◆ **Activity**: In the records below, the line with "result ≡ blank_width" opens the range and the line with "at.0 < length" closes it; print that range exactly and nothing else.

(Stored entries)

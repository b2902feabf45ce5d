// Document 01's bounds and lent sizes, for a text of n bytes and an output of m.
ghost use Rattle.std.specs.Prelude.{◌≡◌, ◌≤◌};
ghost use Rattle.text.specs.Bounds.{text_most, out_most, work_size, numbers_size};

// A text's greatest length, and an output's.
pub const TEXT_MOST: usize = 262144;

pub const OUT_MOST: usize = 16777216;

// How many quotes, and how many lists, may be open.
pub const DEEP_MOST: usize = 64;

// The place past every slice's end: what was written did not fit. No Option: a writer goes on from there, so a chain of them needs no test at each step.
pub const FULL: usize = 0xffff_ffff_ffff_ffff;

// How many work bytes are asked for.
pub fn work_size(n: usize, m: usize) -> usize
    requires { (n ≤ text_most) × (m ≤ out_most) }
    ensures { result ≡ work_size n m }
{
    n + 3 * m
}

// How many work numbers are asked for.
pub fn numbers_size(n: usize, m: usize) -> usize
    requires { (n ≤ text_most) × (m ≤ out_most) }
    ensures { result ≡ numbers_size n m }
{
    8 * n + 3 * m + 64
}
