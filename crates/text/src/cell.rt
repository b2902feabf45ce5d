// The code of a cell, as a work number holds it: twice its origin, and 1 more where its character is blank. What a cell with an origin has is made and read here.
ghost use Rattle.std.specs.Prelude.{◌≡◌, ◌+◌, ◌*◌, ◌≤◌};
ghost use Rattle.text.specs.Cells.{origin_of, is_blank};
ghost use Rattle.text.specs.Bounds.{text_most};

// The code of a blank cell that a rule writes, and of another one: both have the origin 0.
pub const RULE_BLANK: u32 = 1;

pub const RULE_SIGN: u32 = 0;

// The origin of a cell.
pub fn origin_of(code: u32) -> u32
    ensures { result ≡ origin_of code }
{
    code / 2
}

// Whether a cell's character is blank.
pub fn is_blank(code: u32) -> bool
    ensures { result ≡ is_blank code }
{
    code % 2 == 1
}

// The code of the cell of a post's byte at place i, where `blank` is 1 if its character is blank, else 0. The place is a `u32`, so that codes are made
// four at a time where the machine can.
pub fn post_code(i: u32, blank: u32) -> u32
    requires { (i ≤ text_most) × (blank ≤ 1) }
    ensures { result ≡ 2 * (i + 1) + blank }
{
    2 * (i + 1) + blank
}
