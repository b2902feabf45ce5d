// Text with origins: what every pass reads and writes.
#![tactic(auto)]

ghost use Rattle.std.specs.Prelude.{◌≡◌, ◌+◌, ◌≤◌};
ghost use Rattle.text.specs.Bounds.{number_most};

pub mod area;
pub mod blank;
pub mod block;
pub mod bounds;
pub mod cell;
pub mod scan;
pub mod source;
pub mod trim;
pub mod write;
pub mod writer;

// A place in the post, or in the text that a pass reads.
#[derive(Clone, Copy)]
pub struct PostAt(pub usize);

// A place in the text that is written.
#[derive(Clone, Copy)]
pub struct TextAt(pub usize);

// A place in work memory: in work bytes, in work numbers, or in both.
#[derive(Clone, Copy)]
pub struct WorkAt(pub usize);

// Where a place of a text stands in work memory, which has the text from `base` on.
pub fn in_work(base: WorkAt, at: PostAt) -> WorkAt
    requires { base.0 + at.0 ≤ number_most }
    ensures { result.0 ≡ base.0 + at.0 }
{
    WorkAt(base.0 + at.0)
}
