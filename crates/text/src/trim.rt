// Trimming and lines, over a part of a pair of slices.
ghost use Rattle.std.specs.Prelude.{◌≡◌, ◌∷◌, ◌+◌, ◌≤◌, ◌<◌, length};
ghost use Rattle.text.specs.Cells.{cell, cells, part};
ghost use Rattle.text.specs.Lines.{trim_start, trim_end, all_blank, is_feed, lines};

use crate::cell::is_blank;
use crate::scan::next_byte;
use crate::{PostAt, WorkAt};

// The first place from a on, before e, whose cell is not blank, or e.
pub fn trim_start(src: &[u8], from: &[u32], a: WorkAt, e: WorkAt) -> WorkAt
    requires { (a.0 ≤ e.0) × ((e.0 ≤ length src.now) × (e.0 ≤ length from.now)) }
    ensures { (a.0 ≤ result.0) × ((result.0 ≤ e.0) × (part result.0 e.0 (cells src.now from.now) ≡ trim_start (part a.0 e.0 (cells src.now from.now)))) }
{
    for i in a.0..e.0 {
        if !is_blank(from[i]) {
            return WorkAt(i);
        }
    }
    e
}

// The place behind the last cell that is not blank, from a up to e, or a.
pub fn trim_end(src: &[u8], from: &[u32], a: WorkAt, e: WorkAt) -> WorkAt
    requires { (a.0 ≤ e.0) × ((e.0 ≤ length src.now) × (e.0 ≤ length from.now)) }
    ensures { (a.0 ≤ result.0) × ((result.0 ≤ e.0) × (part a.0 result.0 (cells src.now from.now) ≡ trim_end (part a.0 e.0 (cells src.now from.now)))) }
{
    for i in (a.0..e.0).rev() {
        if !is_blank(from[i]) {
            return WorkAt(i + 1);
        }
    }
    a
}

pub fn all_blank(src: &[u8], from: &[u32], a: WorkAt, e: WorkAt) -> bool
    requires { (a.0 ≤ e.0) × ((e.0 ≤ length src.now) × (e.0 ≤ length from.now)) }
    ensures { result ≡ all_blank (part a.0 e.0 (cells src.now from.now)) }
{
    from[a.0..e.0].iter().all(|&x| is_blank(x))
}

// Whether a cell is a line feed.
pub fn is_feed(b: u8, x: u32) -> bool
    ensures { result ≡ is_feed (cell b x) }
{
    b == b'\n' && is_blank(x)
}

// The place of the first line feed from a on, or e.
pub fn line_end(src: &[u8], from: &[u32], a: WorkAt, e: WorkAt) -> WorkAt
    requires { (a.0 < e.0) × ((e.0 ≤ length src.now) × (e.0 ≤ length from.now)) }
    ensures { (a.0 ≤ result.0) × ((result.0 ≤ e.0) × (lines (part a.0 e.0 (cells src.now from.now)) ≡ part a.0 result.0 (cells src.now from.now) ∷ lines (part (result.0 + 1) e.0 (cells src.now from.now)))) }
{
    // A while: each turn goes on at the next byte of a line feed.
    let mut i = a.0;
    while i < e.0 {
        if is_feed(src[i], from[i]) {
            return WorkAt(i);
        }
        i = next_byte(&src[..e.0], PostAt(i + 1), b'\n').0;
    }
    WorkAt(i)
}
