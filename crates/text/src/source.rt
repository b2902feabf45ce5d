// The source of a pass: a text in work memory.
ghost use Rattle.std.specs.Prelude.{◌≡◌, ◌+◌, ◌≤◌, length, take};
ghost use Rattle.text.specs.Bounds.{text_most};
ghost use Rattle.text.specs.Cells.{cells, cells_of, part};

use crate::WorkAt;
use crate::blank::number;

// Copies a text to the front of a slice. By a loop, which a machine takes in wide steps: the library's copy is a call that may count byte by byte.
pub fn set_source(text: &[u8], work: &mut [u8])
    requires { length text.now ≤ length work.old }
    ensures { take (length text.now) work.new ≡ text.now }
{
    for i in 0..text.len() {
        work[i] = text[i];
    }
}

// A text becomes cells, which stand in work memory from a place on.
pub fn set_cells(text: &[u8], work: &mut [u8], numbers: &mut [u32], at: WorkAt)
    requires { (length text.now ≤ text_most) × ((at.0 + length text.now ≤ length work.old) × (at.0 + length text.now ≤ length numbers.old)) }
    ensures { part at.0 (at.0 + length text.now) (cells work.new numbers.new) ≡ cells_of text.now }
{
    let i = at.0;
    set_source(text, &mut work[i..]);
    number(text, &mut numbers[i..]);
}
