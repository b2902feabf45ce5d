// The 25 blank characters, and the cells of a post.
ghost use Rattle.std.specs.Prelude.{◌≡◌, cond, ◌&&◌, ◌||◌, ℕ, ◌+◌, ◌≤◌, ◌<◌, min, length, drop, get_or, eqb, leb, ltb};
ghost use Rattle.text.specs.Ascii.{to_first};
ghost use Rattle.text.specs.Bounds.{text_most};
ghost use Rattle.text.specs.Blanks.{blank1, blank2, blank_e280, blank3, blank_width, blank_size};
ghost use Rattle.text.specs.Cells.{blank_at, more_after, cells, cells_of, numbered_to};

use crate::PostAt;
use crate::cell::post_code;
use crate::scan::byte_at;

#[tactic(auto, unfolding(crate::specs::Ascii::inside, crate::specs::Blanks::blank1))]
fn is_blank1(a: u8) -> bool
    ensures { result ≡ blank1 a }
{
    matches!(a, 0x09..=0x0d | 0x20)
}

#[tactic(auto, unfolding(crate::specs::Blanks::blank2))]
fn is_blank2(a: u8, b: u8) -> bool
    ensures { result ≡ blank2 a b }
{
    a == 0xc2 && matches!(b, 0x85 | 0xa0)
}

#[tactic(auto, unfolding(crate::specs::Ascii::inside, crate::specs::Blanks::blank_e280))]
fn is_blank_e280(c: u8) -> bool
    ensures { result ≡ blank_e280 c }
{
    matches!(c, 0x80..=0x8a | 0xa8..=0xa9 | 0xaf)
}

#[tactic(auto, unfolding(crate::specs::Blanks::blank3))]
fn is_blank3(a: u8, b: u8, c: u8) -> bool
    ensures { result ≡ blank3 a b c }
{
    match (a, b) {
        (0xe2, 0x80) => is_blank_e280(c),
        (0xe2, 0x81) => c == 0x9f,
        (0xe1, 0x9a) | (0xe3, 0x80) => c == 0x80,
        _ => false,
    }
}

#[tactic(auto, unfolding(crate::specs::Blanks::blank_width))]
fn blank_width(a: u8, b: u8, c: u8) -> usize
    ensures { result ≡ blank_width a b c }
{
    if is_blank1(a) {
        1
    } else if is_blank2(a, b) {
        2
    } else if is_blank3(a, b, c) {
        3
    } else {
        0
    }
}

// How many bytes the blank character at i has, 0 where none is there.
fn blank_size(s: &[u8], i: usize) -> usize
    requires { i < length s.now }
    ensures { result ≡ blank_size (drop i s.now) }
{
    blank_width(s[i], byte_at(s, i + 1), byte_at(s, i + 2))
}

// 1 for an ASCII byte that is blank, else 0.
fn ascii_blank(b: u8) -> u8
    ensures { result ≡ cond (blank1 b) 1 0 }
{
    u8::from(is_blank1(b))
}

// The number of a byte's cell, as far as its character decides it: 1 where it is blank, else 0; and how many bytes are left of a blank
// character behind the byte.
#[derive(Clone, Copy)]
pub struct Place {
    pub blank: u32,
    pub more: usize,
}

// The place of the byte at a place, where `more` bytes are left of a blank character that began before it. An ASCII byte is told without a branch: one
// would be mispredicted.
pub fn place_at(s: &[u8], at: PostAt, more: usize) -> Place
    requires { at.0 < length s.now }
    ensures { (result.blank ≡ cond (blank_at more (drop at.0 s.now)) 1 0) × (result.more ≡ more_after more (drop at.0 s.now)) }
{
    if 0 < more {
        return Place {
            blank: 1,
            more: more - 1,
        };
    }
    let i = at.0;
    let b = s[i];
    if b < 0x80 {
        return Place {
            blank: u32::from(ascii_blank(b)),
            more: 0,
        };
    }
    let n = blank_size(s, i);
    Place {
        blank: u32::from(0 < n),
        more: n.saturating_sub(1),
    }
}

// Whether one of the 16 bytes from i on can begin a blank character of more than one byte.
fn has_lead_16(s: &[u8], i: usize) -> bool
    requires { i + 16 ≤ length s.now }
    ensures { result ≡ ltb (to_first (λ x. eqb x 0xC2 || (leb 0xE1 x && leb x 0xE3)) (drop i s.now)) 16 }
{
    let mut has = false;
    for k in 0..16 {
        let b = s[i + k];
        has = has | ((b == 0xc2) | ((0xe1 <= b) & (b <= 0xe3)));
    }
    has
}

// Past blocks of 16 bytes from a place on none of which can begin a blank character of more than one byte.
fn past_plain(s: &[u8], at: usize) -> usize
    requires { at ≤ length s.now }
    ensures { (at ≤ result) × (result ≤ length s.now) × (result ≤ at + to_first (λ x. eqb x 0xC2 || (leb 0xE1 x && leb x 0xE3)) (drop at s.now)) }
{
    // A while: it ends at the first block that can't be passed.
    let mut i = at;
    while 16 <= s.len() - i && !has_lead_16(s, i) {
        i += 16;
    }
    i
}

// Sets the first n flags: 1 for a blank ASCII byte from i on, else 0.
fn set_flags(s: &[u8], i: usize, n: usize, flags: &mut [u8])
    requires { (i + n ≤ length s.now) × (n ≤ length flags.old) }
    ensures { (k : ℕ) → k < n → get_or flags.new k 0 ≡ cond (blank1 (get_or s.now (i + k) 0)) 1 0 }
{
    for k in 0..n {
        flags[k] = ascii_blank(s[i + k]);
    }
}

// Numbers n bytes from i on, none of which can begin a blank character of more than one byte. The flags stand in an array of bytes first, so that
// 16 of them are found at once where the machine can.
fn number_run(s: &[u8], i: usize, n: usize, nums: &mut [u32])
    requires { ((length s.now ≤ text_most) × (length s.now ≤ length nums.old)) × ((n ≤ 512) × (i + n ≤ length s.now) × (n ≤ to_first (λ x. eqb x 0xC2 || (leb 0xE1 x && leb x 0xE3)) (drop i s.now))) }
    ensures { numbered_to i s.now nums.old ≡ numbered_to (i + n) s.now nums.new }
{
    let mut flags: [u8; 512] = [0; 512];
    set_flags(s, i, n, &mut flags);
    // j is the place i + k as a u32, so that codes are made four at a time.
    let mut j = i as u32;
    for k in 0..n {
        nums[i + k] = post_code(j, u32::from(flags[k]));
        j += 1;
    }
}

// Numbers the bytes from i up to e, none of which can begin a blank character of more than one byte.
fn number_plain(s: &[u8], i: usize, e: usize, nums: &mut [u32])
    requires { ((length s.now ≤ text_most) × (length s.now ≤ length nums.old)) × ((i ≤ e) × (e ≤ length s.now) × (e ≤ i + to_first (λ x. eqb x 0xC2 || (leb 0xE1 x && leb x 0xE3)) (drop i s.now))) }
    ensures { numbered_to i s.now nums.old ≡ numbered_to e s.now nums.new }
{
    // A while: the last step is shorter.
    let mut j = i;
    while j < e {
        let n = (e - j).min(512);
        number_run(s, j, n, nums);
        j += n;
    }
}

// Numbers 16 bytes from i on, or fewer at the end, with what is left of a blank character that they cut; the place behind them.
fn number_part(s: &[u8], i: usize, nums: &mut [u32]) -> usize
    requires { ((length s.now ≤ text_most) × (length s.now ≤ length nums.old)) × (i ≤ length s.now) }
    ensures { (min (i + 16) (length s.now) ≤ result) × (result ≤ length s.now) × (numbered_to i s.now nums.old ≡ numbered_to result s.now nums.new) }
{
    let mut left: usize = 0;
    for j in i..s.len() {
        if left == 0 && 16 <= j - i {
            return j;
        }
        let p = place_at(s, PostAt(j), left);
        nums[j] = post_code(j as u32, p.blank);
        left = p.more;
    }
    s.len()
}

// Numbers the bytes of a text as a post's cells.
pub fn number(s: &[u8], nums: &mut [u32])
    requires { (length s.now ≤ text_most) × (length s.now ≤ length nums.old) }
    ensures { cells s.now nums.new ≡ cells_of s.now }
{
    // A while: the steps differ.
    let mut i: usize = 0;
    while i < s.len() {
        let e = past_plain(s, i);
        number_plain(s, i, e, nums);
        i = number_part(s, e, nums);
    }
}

◆ **Solution to this exercise**:
    ensures { result ≡ blank_width a b c }
{
    if is_blank1(a) {
        1
    } else if is_blank2(a, b) {
        2
    } else if is_blank3(a, b, c) {
        3
    } else {
        0
    }
}

// How many bytes the blank character at i has, 0 where none is there.
fn blank_size(s: &[u8], i: usize) -> usize
    requires { i < length s.now }
    ensures { result ≡ blank_size (drop i s.now) }
{
    blank_width(s[i], byte_at(s, i + 1), byte_at(s, i + 2))
}

// 1 for an ASCII byte that is blank, else 0.
fn ascii_blank(b: u8) -> u8
    ensures { result ≡ cond (blank1 b) 1 0 }
{
    u8::from(is_blank1(b))
}

// The number of a byte's cell, as far as its character decides it: 1 where it is blank, else 0; and how many bytes are left of a blank
// character behind the byte.
#[derive(Clone, Copy)]
pub struct Place {
    pub blank: u32,
    pub more: usize,
}

// The place of the byte at a place, where `more` bytes are left of a blank character that began before it. An ASCII byte is told without a branch: one
// would be mispredicted.
pub fn place_at(s: &[u8], at: PostAt, more: usize) -> Place
    requires { at.0 < length s.now }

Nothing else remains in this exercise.